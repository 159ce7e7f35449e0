// What a subset of AUTACK checks besides (number 8). It is read off the octets: USC has no fields noted, and USX's 0062 stands behind the last noted one.
ghost use Rattle.std.specs.Prelude.{◌≡◌, true, not, ◌&&◌, ◌≤◌, ◌+◌, leb, Some};
ghost use Rattle.std.proofs.Math.Seq.{slice};
ghost use Rattle.syntax.specs.Octets.{octets};
ghost use Rattle.syntax.specs.Content.{content};
ghost use Rattle.grammar.specs.Elements.{either, in_range, formed};
ghost use Rattle.grammar.specs.declared.Subset.TheVariants.{Gs1};
ghost use Rattle.elements.specs.Octets.{parts_at, repeated_at, asked_at};
ghost use Rattle.elements.specs.Kinds.{tag_kind};
ghost use Rattle.elements.specs.Fields.{Fields};
ghost use Rattle.elements.specs.Formed.{looked, subset_by, position_gs1, right_gs1};

use crate::Kind;
use crate::fields::Shape;
use crate::formed::{is_formed, not_empty, reference_there};
use grammar::{Subset, is_gs1};
use syntax::classes::Classes;
use syntax::content::content_is;
use syntax::reading::{component_part, count_components, element_repeats};

// Whether the element at position `p` has one component and does not repeat.
fn is_single(s: &[u8], at: usize, t: &Classes, p: usize) -> bool
    requires le_p { 1 ≤ p }
    ensures { result ≡ (not (repeated_at t.now.syntax.service s.now at p) && leb (parts_at t.now.syntax.service s.now at p) 1) }
{
    if element_repeats(s, at, t, p) {
        return false;
    }
    count_components(s, at, t, p) <= 1
}

// The position of the element that the subset of GS1 checks in a segment of this kind; 0 where it checks none.
fn position_in(k: Kind) -> usize
    ensures { result ≡ position_gs1 k }
{
    match k {
        Kind::Unb => 0,
        Kind::Unh => 0,
        Kind::Unt => 0,
        Kind::Unz => 0,
        Kind::Ush => 0,
        Kind::Usa => 0,
        Kind::Usc => 1,
        Kind::Usr => 0,
        Kind::Ust => 0,
        Kind::Usb => 1,
        Kind::Usx => 7,
        Kind::Usy => 0,
        Kind::Reserved => 0,
        Kind::Qty => 0,
        Kind::Cnt => 0,
        Kind::Other => 0,
    }
}

// 0503 is 1 or 2.
fn one_or_two(x: &[u8], release: u8) -> bool
    ensures { result ≡ in_range (either (octets "1") (octets "2")) (content release x.now) }
{
    if content_is(x, release, b"1") {
        return true;
    }
    content_is(x, release, b"2")
}

// What that element is: 0536 is there, 0503 is 1 or 2, 0062 is a reference.
fn is_right(x: &[u8], release: u8, k: Kind) -> bool
    ensures { result ≡ right_gs1 k (content release x.now) }
{
    match k {
        Kind::Unb => true,
        Kind::Unh => true,
        Kind::Unt => true,
        Kind::Unz => true,
        Kind::Ush => true,
        Kind::Usa => true,
        Kind::Usc => not_empty(x, release),
        Kind::Usr => true,
        Kind::Ust => true,
        Kind::Usb => one_or_two(x, release),
        Kind::Usx => reference_there(x, release),
        Kind::Usy => true,
        Kind::Reserved => true,
        Kind::Qty => true,
        Kind::Cnt => true,
        Kind::Other => true,
    }
}

// One way for the three kinds: the compiler puts it into the loop over segments, where three ways would cost every segment.
fn gs1_formed(s: &[u8], at: usize, t: &Classes, k: Kind) -> bool
    ensures { result ≡ subset_by k (Some Gs1) (asked_at t.now.syntax.service s.now at) }
{
    let p = position_in(k);
    if p < 1 {
        return true;
    }
    if !is_single(s, at, t, p) {
        return false;
    }
    let v = t.syntax.service;
    is_right(component_part(s, at, t, p, 0), v.release, k)
}

// 8, in a message of the subset `b`: the checked elements of the segment's row, then those that the subset checks besides.
pub fn formed_in(
    s: &[u8],
    at: usize,
    t: &Classes,
    marks: &[usize],
    f: Shape,
    k: Kind,
    b: Option<Subset>,
) -> bool
    requires fields { looked k ≡ true → Fields t.now.syntax.service s.now at f.size f.repeats marks.now }
    requires k_value { k ≡ tag_kind (slice at (at + 3) s.now) }
    ensures { result ≡ (formed t.now.syntax.version (asked_at t.now.syntax.service s.now at) && subset_by k b (asked_at t.now.syntax.service s.now at)) }
{
    if !is_formed(s, at, t.syntax, marks, f, k) {
        return false;
    }
    if is_gs1(b) {
        return gs1_formed(s, at, t, k);
    }
    true
}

------------------------------------

WORK ITEM:
Reprint the whole listing above exactly.

WRITTEN RESPONSE:
repository 159ce7e7f35449e0
// What a subset of AUTACK checks besides (number 8). It is read off the octets: USC has no fields noted, and USX's 0062 stands behind the last noted one.
ghost use Rattle.std.specs.Prelude.{◌≡◌, true, not, ◌&&◌, ◌≤◌, ◌+◌, leb, Some};
ghost use Rattle.std.proofs.Math.Seq.{slice};
ghost use Rattle.syntax.specs.Octets.{octets};
ghost use Rattle.syntax.specs.Content.{content};
ghost use Rattle.grammar.specs.Elements.{either, in_range, formed};
ghost use Rattle.grammar.specs.declared.Subset.TheVariants.{Gs1};
ghost use Rattle.elements.specs.Octets.{parts_at, repeated_at, asked_at};
ghost use Rattle.elements.specs.Kinds.{tag_kind};
ghost use Rattle.elements.specs.Fields.{Fields};
ghost use Rattle.elements.specs.Formed.{looked, subset_by, position_gs1, right_gs1};

use crate::Kind;
use crate::fields::Shape;
use crate::formed::{is_formed, not_empty, reference_there};
use grammar::{Subset, is_gs1};
use syntax::classes::Classes;
use syntax::content::content_is;
use syntax::reading::{component_part, count_components, element_repeats};

// Whether the element at position `p` has one component and does not repeat.
fn is_single(s: &[u8], at: usize, t: &Classes, p: usize) -> bool
    requires le_p { 1 ≤ p }
    ensures { result ≡ (not (repeated_at t.now.syntax.service s.now at p) && leb (parts_at t.now.syntax.service s.now at p) 1) }
{
    if element_repeats(s, at, t, p) {
        return false;
    }
    count_components(s, at, t, p) <= 1
}

// The position of the element that the subset of GS1 checks in a segment of this kind; 0 where it checks none.
fn position_in(k: Kind) -> usize
    ensures { result ≡ position_gs1 k }
{
    match k {
        Kind::Unb => 0,
        Kind::Unh => 0,
        Kind::Unt => 0,
        Kind::Unz => 0,
        Kind::Ush => 0,
        Kind::Usa => 0,
        Kind::Usc => 1,
        Kind::Usr => 0,
        Kind::Ust => 0,
        Kind::Usb => 1,
        Kind::Usx => 7,
        Kind::Usy => 0,
        Kind::Reserved => 0,
        Kind::Qty => 0,
        Kind::Cnt => 0,
        Kind::Other => 0,
    }
}

// 0503 is 1 or 2.
fn one_or_two(x: &[u8], release: u8) -> bool
    ensures { result ≡ in_range (either (octets "1") (octets "2")) (content release x.now) }
{
    if content_is(x, release, b"1") {
        return true;
    }
    content_is(x, release, b"2")
}

// What that element is: 0536 is there, 0503 is 1 or 2, 0062 is a reference.
fn is_right(x: &[u8], release: u8, k: Kind) -> bool
    ensures { result ≡ right_gs1 k (content release x.now) }
{
    match k {
        Kind::Unb => true,
        Kind::Unh => true,
        Kind::Unt => true,
        Kind::Unz => true,
        Kind::Ush => true,
        Kind::Usa => true,
        Kind::Usc => not_empty(x, release),
        Kind::Usr => true,
        Kind::Ust => true,
        Kind::Usb => one_or_two(x, release),
        Kind::Usx => reference_there(x, release),
        Kind::Usy => true,
        Kind::Reserved => true,
        Kind::Qty => true,
        Kind::Cnt => true,
        Kind::Other => true,
    }
}

// One way for the three kinds: the compiler puts it into the loop over segments, where three ways would cost every segment.
fn gs1_formed(s: &[u8], at: usize, t: &Classes, k: Kind) -> bool
    ensures { result ≡ subset_by k (Some Gs1) (asked_at t.now.syntax.service s.now at) }
{
    let p = position_in(k);
    if p < 1 {
        return true;
    }
    if !is_single(s, at, t, p) {
        return false;
    }
    let v = t.syntax.service;
    is_right(component_part(s, at, t, p, 0), v.release, k)
}

// 8, in a message of the subset `b`: the checked elements of the segment's row, then those that the subset checks besides.
pub fn formed_in(
    s: &[u8],
    at: usize,
    t: &Classes,
    marks: &[usize],
    f: Shape,
    k: Kind,
    b: Option<Subset>,
) -> bool
    requires fields { looked k ≡ true → Fields t.now.syntax.service s.now at f.size f.repeats marks.now }
    requires k_value { k ≡ tag_kind (slice at (at + 3) s.now) }
    ensures { result ≡ (formed t.now.syntax.version (asked_at t.now.syntax.service s.now at) && subset_by k b (asked_at t.now.syntax.service s.now at)) }
{
    if !is_formed(s, at, t.syntax, marks, f, k) {
        return false;
    }
    if is_gs1(b) {
        return gs1_formed(s, at, t, k);
    }
    true
}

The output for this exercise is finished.